Interdisciplinary Lecture

Human Genetics and Cognitive Functions Laboratory, Institut Pasteur, Paris, France
Guillaume Dumas is researcher in the department of neuroscience of the Institut Pasteur in Paris. Originally from engineering and theoretical physics, he did a PhD on cognitive neuroscience at the University of Paris 6 (UPMC) and then moved in postdoc at the Center for Complex System and Brain Science of Florida Atlantic University. He came back in France for working in the “Human Genetics and Cognitive Functions” unit of the Institut Pasteur, where he started as a postdoc before receiving his permanent position. He has been involved in many projects at the interface between Science and Society, from outreach in schools and radio to advocacy in policymaking and research institutions.

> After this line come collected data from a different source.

//! The words of the command `serve`, and what its end comes to.
ghost use Rattle.std.specs.Prelude.{◌≡◌, map, option_and_then, option_map, string_bytes};
ghost use Rattle.command_words.specs.Asked.{number_read};
ghost use Rattle.annotation_program.specs.Serving.{port_of, serving_by, serving_of, trouble_of};

use command_words::{has_hyphen, number_read};
use program_inputs::Trouble;
use serve_command::ServeEnd;

/// The file and the port that words ask to serve.
#[derive(Clone, Copy, Debug)]
pub(crate) struct Serving<'w> {
    pub(crate) book: &'w str,
    pub(crate) port: u16,
}

/// The port that a word spells, from 1 to 65535.
fn port_read(word: &str) -> Option<u16>
    ensures { result ≡ option_and_then port_of (number_read word.now) }
{
    match number_read(word) {
        Some(number) => {
            if 0 < number && number < 65536 {
                Some(number as u16)
            } else {
                None
            }
        }
        None => None,
    }
}

/// The file and the port of three words.
fn serving_by<'w>(name: &str, book: &'w str, port: &str) -> Option<Serving<'w>>
    ensures { option_map (λ it. (it.book.now, it.port)) result ≡ serving_by name.now book.now port.now }
{
    if name != "serve" {
        return None;
    }
    if has_hyphen(book) || has_hyphen(port) {
        return None;
    }
    match port_read(port) {
        Some(port) => Some(Serving { book, port }),
        None => None,
    }
}

/// The file and the port that the words ask to serve, if they ask that.
pub(crate) fn serving_of(words: &[String]) -> Option<Serving<'_>>
    ensures { option_map (λ it. (it.book.now, it.port)) result ≡ serving_of (map string_bytes words.now) }
{
    match words {
        [name, a, b] => serving_by(name.as_str(), a.as_str(), b.as_str()),
        _ => None,
    }
}

/// What the end of serving comes to.
pub(crate) fn trouble_of(done: Result<(), ServeEnd>) -> Result<(), Trouble>
    ensures { result ≡ trouble_of done }
{
    match done {
        Ok(()) => Ok(()),
        Err(ServeEnd::Trouble(why)) => Err(why),
        Err(ServeEnd::DoorRefused | ServeEnd::DoorFailed) => Err(Trouble::DoorFailed),
    }
}
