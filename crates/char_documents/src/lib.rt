//! Texts by characters: a document, the fragments of it that annotations cover, and its tokens.
//!
//! The main type is [`Doc`]. Offsets count characters from 0, and the end of a fragment is the index
//! behind its last character, as in .ann files. A slice is found from the nearest of the checkpoints,
//! which stand 256 characters apart, so its cost does not grow with the text.
//!
//! ```text
//! let doc = Doc::new(alloc, "Zoë met\nAnn.")?;
//! doc.slice(Frag { start: 0, end: 3 });          // Some("Zoë")
//! doc.reference(&[Frag { start: 4, end: 11 }])?; // "met Ann"
//! doc.tokens();                                  // 0..3, 4..7 and 8..12
//! ```
#![tactic(auto)]

mod checkpoints;
mod doc;
mod shared;
mod tokens;

pub use crate::doc::{Doc, DocFault, RefFault};
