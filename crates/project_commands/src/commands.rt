//! The commands of the program that work on a project: what each asks of it, and what that comes to.
//!
//! [`try_project`] founds a project in memory on two files and serves the console from its one document:
//!
//! ```text
//! let done = try_project(alloc, "schema.conf", "first.txt", &mut folder, &mut console, &mut steps);
//! ```
//!
//! What a command does is defined in `specs/`, a file each: `Requests.antt` has what a request of a command comes to,
//! `Serving.antt` a console that is served, `Trying.antt` the command `try`.
mod founding;
mod laws;
mod requests;
mod serving;
mod trying;

pub use crate::commands::founding::slug_of;
pub use crate::commands::laws::requests_are_granted_or_refused;
pub use crate::commands::requests::{add_text, ask_granted, check_out};
pub(crate) use crate::commands::requests::{ask, trouble_of};
pub use crate::commands::serving::serve;
pub use crate::commands::trying::try_project;
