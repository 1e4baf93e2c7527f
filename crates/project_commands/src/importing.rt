//! The command `import`: the layer of an .ann file is committed for an annotator of the project of a file.
ghost use Rattle.std.specs.Prelude.{◌≡◌, ◌≢◌, ◌≤◌, [], None, codes, unwrap_or, IfErr, IfOk, IsErrOf, MatchResult, OnOk};
ghost use Rattle.std.specs.Arc.{arc_value};
ghost use Rattle.mark_base.specs.Streams.{TellsFault};
ghost use Rattle.named_disks.specs.NamedDisks.{IsIn, KeepsOthers, is_there, reads_as};
ghost use Rattle.layer_rules.specs.CarriedByRule.{carried_by_rule};
ghost use Rattle.layer_undo.specs.Desks.{layer_of, settled};
ghost use Rattle.project_machine.specs.Requests as answers;
ghost use Rattle.project_machine.specs.Requests.{Commit, Committed, Parked, ReadConf, ReadText};
ghost use Rattle.project_state.specs.Values.{asked_of};
ghost use Rattle.project_book.specs.Keeping.{TellsKeeper};
ghost use Rattle.annotation_http.specs.Exchanges.Connections.{holding_of, with_desk};
ghost use Rattle.program_inputs.specs.Troubles.{with_number};
ghost use Rattle.project_commands.specs.Commands.Requests.{Grants, RefusesTo};
ghost use Rattle.project_commands.specs.Importing.{Commits, Imports, ImportsFile, ImportsHere, Loads, NoLayer, NotCommitted, NotImported, NotImportedFrom, NotImportedHere, NotLoaded, NotRead, Reads, ReadsLayer, park_of};

use crate::commands::{ask_granted, check_out};
use annotation_http::{Held, park_request};
use char_documents::Doc;
use conf_model::Conf;
use layer_core::{Command, Refusal};
use layer_model::{Layer, Rule};
use layer_rules::carried_by_rule;
use mark_base::{Bytes, Memory, Slug, Steps, Text};
use named_disks::Disks;
use program_inputs::{
    Folder, Trouble, give_project_back, open_project, read_ann_file, with_number,
};
use project_book::{Book, BookRefusal, Reply, Request};
use project_journal::Keeper;
use std::alloc::Global;
use std::sync::Arc;
use std::sync::ledger::Ledger;

// ---- what an .ann file is read for

/// The configuration of a project, as a caller reads it.
fn read_conf<K: Keeper, G: Ledger>(
    project: &mut Book<K>,
    caller: &Slug,
    steps: &mut Steps<G>,
) -> Result<Arc<Conf>, Trouble>
    ensures granted { IfOk result (λ conf. Grants project.old.log caller.now ReadConf (answers.Conf (arc_value conf)) project.new.log) }
    ensures refused { IfErr result (RefusesTo project.old.log caller.now ReadConf) }
    ensures keeper { TellsKeeper K.faults K.faultless project.old.keeper project.new.keeper (IsErrOf result Trouble.DiskFailed) }
    ensures certain { K.doubt project.old.keeper ≡ None → OnOk result (K.doubt project.new.keeper ≡ None) }
    ensures no_file { IfErr result (λ trouble. trouble ≢ Trouble.FileFailed) }
    ensures no_read { IfErr result (λ trouble. trouble ≢ Trouble.ReadFault) }
    ensures no_write { IfErr result (λ trouble. trouble ≢ Trouble.WriteFault) }
    ensures no_use { IfErr result (λ trouble. trouble ≢ Trouble.DiskInUse) }
{
    match ask_granted(project, caller, Request::ReadConf, steps)? {
        Reply::Conf(conf) => Ok(conf),
        _ => unreachable!(),
    }
}

/// The text of a document, as a caller reads it.
fn read_text<K: Keeper, G: Ledger>(
    project: &mut Book<K>,
    caller: &Slug,
    doc: Slug,
    steps: &mut Steps<G>,
) -> Result<Arc<Doc>, Trouble>
    ensures granted { IfOk result (λ text. Grants project.old.log caller.now (ReadText doc) (answers.Text (arc_value text)) project.new.log) }
    ensures refused { IfErr result (RefusesTo project.old.log caller.now (ReadText doc)) }
    ensures keeper { TellsKeeper K.faults K.faultless project.old.keeper project.new.keeper (IsErrOf result Trouble.DiskFailed) }
    ensures certain { K.doubt project.old.keeper ≡ None → OnOk result (K.doubt project.new.keeper ≡ None) }
    ensures no_file { IfErr result (λ trouble. trouble ≢ Trouble.FileFailed) }
    ensures no_read { IfErr result (λ trouble. trouble ≢ Trouble.ReadFault) }
    ensures no_write { IfErr result (λ trouble. trouble ≢ Trouble.WriteFault) }
    ensures no_use { IfErr result (λ trouble. trouble ≢ Trouble.DiskInUse) }
{
    match ask_granted(project, caller, Request::ReadText { doc }, steps)? {
        Reply::Text(text) => Ok(text),
        _ => unreachable!(),
    }
}
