//! What the commands of `annotate` do to a project: in memory, or in a file.
//!
//! A command on the project of a file opens it, asks it for something, and gives the file back. What it finds is bytes to be
//! printed:
//!
//! ```text
//! let found = add_document(alloc, "news.book", &caller, name, "x.txt", &mut folder, &mut disks, &mut steps);
//! ```
//!
//! [`try_project`] founds a project in memory and serves a console with it, [`serve_session`] serves one with the project of a
//! file. Which words are which command stands in `command_words`; who calls these by a command's words, and prints what they
//! find, is `annotation_cli`.
#![tactic(auto)]

mod adding;
mod agreeing;
mod columns_out;
mod commands;
mod compacting;
mod founding;
mod importing;
mod reporting;
mod scoring;
mod sessions;
mod showing;

pub use crate::adding::add_document;
pub use crate::agreeing::show_agreement;
pub use crate::columns_out::show_columns;
pub use crate::commands::{
    add_text, ask_granted, check_out, requests_are_granted_or_refused, serve, slug_of, try_project,
};
pub use crate::compacting::compact;
pub use crate::founding::found_in_file;
pub use crate::importing::import_file;
pub use crate::reporting::{show_progress, show_snapshots};
pub use crate::scoring::show_scores;
pub use crate::sessions::serve_session;
pub use crate::showing::{export_layer, show_curated};
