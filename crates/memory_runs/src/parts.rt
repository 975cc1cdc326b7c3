//! Rows whose steps stand in several parts.

use crate::play_steps;
use std::alloc::{AllocError, Global};
use std::test::Fail;

/// What a run shows, its script, and the parts of its steps.
#[derive(Clone, Copy)]
pub struct Parts {
    pub shows: &'static str,
    pub script: &'static str,
    pub steps: &'static [&'static str],
}

fn joined(alloc: Global, parts: &[&str]) -> Result<String, AllocError> {
    let mut steps = String::new(alloc);
    for (at, part) in parts.iter().enumerate() {
        if at > 0 {
            steps.push_str("; ")?;
        }
        steps.push_str(part)?;
    }
    Ok(steps)
}

/// Plays these cases.
pub fn play_parts(alloc: Global, cases: &[Parts]) -> Result<(), Fail> {
    for case in cases {
        let steps = joined(alloc, case.steps)?;
        play_steps(alloc, case.shows, case.script, steps.as_str())?;
    }
    Ok(())
}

Across scales: from Genes in Human Evolution to Brain in Social Interaction

Cognitive science is an interdisciplinary endeavour bridging scales in both space, time, and fields. This talk will illustrate how building those bridges provides alternatives heuristics to understand human cognition. We will start by the interactive turn taken recently by social neuroscience, discussing how the study of human-human and human-machine interaction have demonstrated how coordination with others shapes our individual mind. Then, we will move to the phylogeny of the primate nervous system and see how genetics at evolutionary time scale questions the singularity of the human brain. We will conclude on the importance of getting out of the traditional Academic comfort zone through a more interdisciplinary and open science.